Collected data
◆ ◆ ◆ ◆ ◆ ◆ ◆

//! Where bytes come from, and what a read promises.
ghost use Rattle.std.specs.Prelude.{◌≡◌, ◌<◌, ◌≤◌, List, [], ℕ, Option, length, take, IfOk, IfSome};
ghost use Rattle.std.specs.Prelude.{OnErr};
ghost use Rattle.oct_io.specs.Counts.{IsEndCounted, IsReadCounted};
ghost use Rattle.oct_io.specs.Told.{dropped};

use thiserror::Error;

/// A source could not be read.
#[derive(Clone, Copy, Debug, PartialEq, Eq, Error)]
#[error("the source could not be read")]
pub struct Failed;

/// Where bytes come from.
pub trait Source {
    /// The bytes that are still to come, where the source tells them.
    ghost left: { Self → Option (List ℕ) };

    /// How many reads have failed so far. The count stays at `2^64 - 1`.
    ghost faults: { Self → ℕ };

    /// How many reads have met the end of the input so far, where the source counts them.
    ghost ends: { Self → ℕ };

    /// Moves the next bytes to the front of the buffer, and answers how many they are.
    ///
    /// For a buffer that isn't empty, 0 comes exactly at the end of the input, and the source
    /// stays there. After `Failed` nothing was moved.
    fn read(&mut self, buffer: &mut [u8]) -> Result<usize, Failed>
        ensures within { IfOk result (λ n. n ≤ length buffer.old) }
        ensures moved { IfOk result (λ n. left self.new ≡ dropped n (left self.old)) }
        ensures bytes { IfOk result (λ n. IfSome (left self.old)
            (λ left. take n buffer.new ≡ take n left)) }
        ensures some { IfOk result (λ n. IfSome (left self.old) (λ left. n ≤ length left)) }
        ensures end { IfOk result (λ n. n ≡ 0 → 0 < length buffer.old
            → IfSome (left self.old) (λ left. left ≡ [])) }
        ensures err { OnErr result (left self.new ≡ left self.old) }
        ensures counts { IsReadCounted result (faults self.old) (faults self.new) }
        ensures ends { IsEndCounted result (ends self.old) (ends self.new) };
}
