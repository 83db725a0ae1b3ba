//! Bytes on their way to a sink.
ghost use Rattle.std.specs.Prelude.{◌≡◌, ◌<◌, ◌≤◌, ◌+◌, ◌++◌, ℕ, [], length, take, drop, OnErr};
ghost use Rattle.std.specs.Prelude.{OnOk};
ghost use Rattle.oct_io.specs.Counts.{IsWriteCounted};
ghost use Rattle.oct_io.specs.Gathered.{handed_on};
ghost use Rattle.oct_io.specs.Taken.{IsCutOff, IsRefused, IsTaken};
ghost use Rattle.oct_io.specs.Told.{appended};

use crate::sink::{Sink, SinkFault, write_all};
use arrayvec::ArrayVec;
use std::marker::Model;

/// The most bytes that are held.
const MOST_HELD: usize = 4096;

/// Bytes on their way to a sink, gathered so that the sink gets pieces of 4,096 bytes. It takes no
/// memory. What it still holds when it is dropped is lost, so flush it last.
#[derive(Drop)]
pub struct Gather {
    bytes: ArrayVec<u8, MOST_HELD>,
}

impl Model for Gather {
    ghost use Rattle.std.specs.Prelude.{ℕ, List, ◌≤◌, length};

    ghost Value = { List ℕ };

    ghost view = { λ g. g.bytes.items };

    ghost invariant = { λ g. length g.bytes.items ≤ 4096 };
}

impl Default for Gather {
    ghost use Rattle.std.specs.Prelude.{◌≡◌, []};

    ghost is_default = { λ g. g ≡ [] };

    fn default() -> Self {
        Gather::new()
    }
}

impl Gather {
    /// A gather that holds no byte.
    pub fn new() -> Self
        ensures { result ≡ [] }
    {
        Gather {
            bytes: ArrayVec::new(),
        }
    }

    /// Takes a piece. The sink is written to only where the piece doesn't fit, and then in pieces
    /// of 4,096 bytes. After an error no byte is held.
    pub fn push<K: Sink>(&mut self, sink: &mut K, piece: &[u8]) -> Result<(), SinkFault>
        ensures ok { OnOk result (appended (K.written sink.new) self.new
            ≡ appended (appended (K.written sink.old) self.old) piece.now) }
        ensures handed { OnOk result (K.written sink.new ≡ appended (K.written sink.old)
            (take (handed_on (length (self.old ++ piece.now))) (self.old ++ piece.now))) }
        ensures held { OnOk result
            (self.new ≡ drop (handed_on (length (self.old ++ piece.now))) (self.old ++ piece.now)) }
        ensures waits { length (self.old ++ piece.now) ≤ 4096 → sink.new ≡ sink.old }
        ensures few { length self.new ≤ 4096 }
        ensures err { OnErr result (self.new ≡ []) }
        ensures cut { OnErr result
            (IsCutOff (K.written sink.old) (K.written sink.new) (self.old ++ piece.now)) }

        // In words of a text that is pushed piece by piece.
        ensures taken { OnOk result
            (IsTaken piece.now (K.written sink.old) self.old (K.written sink.new) self.new) }
        ensures refused { OnErr result
            (IsRefused piece.now (K.written sink.old) self.old (K.written sink.new)) }

        // Where it gives up, exactly one write of the sink did, for the same reason.
        ensures counts { IsWriteCounted result (K.faults sink.old) (K.faults sink.new)
            (K.shortages sink.old) (K.shortages sink.new) }
    {
        let mut rest = piece;
        while rest.len() > self.room() {
            let (front, behind) = rest.split_at(self.room());
            self.hold(front);
            self.flush(sink)?;
            rest = behind;
        }
        self.hold(rest);
        Ok(())
    }

    /// Writes all bytes that are held. With none of them the sink isn't called. No byte is held
    /// afterwards, also after an error.
    pub fn flush<K: Sink>(&mut self, sink: &mut K) -> Result<(), SinkFault>
        ensures ok { OnOk result (K.written sink.new ≡ appended (K.written sink.old) self.old) }
        ensures empty { self.new ≡ [] }
        ensures waits { self.old ≡ [] → sink.new ≡ sink.old }
        ensures err { OnErr result (IsCutOff (K.written sink.old) (K.written sink.new) self.old) }

        // Where it gives up, exactly one write of the sink did, for the same reason.
        ensures counts { IsWriteCounted result (K.faults sink.old) (K.faults sink.new)
            (K.shortages sink.old) (K.shortages sink.new) }
    {
        if self.bytes.is_empty() {
            return Ok(());
        }
        let written = write_all(sink, self.bytes.as_slice());
        self.bytes.clear();
        written
    }

    /// How many bytes more can be held.
    fn room(&self) -> usize
        ensures { result + length self.now ≡ 4096 }
    {
        MOST_HELD - self.bytes.len()
    }

    /// Holds a piece that fits.
    fn hold(&mut self, piece: &[u8])
        requires { length self.old + length piece.now ≤ 4096 }
        ensures { self.new ≡ self.old ++ piece.now }
    {
        if self.bytes.try_extend_from_slice(piece).is_err() {
            unreachable!();
        }
    }
}
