//! Where bytes go, and what a write promises.
ghost use Rattle.std.specs.Prelude.{◌≡◌, ◌<◌, ◌≤◌, List, ℕ, Option, length, take, IfOk, OnErr};
ghost use Rattle.std.specs.Prelude.{OnOk};
ghost use Rattle.oct_io.specs.declared.sink.SinkFault.TheVariants.{Memory};
ghost use Rattle.oct_io.specs.Counts.{IsWriteCounted};
ghost use Rattle.oct_io.specs.Taken.{IsCutOff};
ghost use Rattle.oct_io.specs.Told.{appended};

use oct_num::Memory;
use thiserror::Error;

/// Why a sink took no bytes.
#[derive(Clone, Copy, Debug, PartialEq, Eq, Error)]
pub enum SinkFault {
    /// The sink could not be written to.
    #[error("the sink could not be written to")]
    Failed,

    /// Memory ran out.
    #[error("out of memory")]
    Memory,
}

impl From<Memory> for SinkFault {
    ghost from_gives = { λ _ e. e ≡ Memory };

    fn from(_: Memory) -> Self {
        SinkFault::Memory
    }
}

/// Where bytes go.
pub trait Sink {
    /// The bytes that were written so far, where the sink tells them.
    ghost written: { Self → Option (List ℕ) };

    /// How many writes have failed so far. The count stays at `2^64 - 1`.
    ghost faults: { Self → ℕ };

    /// How many writes have run out of memory so far. The count stays at `2^64 - 1`.
    ghost shortages: { Self → ℕ };

    /// Takes bytes from the front of the piece, and answers how many, at least one of a piece
    /// that isn't empty. After an error nothing was taken.
    fn write(&mut self, piece: &[u8]) -> Result<usize, SinkFault>
        ensures within { IfOk result (λ n. n ≤ length piece.now) }
        ensures some { IfOk result (λ n. 0 < length piece.now → 0 < n) }
        ensures appended { IfOk result
            (λ n. written self.new ≡ appended (written self.old) (take n piece.now)) }
        ensures err { OnErr result (written self.new ≡ written self.old) }

        // Each error is counted once, and nothing else is counted.
        ensures counts { IsWriteCounted result (faults self.old) (faults self.new)
            (shortages self.old) (shortages self.new) };
}

/// Writes the whole piece. After an error a prefix of it was written.
pub fn write_all<K: Sink>(sink: &mut K, piece: &[u8]) -> Result<(), SinkFault>
    ensures ok { OnOk result (K.written sink.new ≡ appended (K.written sink.old) piece.now) }
    ensures err { OnErr result (IsCutOff (K.written sink.old) (K.written sink.new) piece.now) }

    // Where it gives up, exactly one write of the sink did, for the same reason.
    ensures counts { IsWriteCounted result (K.faults sink.old) (K.faults sink.new)
        (K.shortages sink.old) (K.shortages sink.new) }
{
    let mut done = 0usize;
    while done < piece.len() {
        let (_, rest) = piece.split_at(done);
        done += sink.write(rest)?;
    }
    Ok(())
}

◆ ◆ ◆ ◆ ◆ ◆ ◆

Try it. Take every line above that includes the string "behind" and return it.

The answer.
            let (front, behind) = rest.split_at(self.room());
            rest = behind;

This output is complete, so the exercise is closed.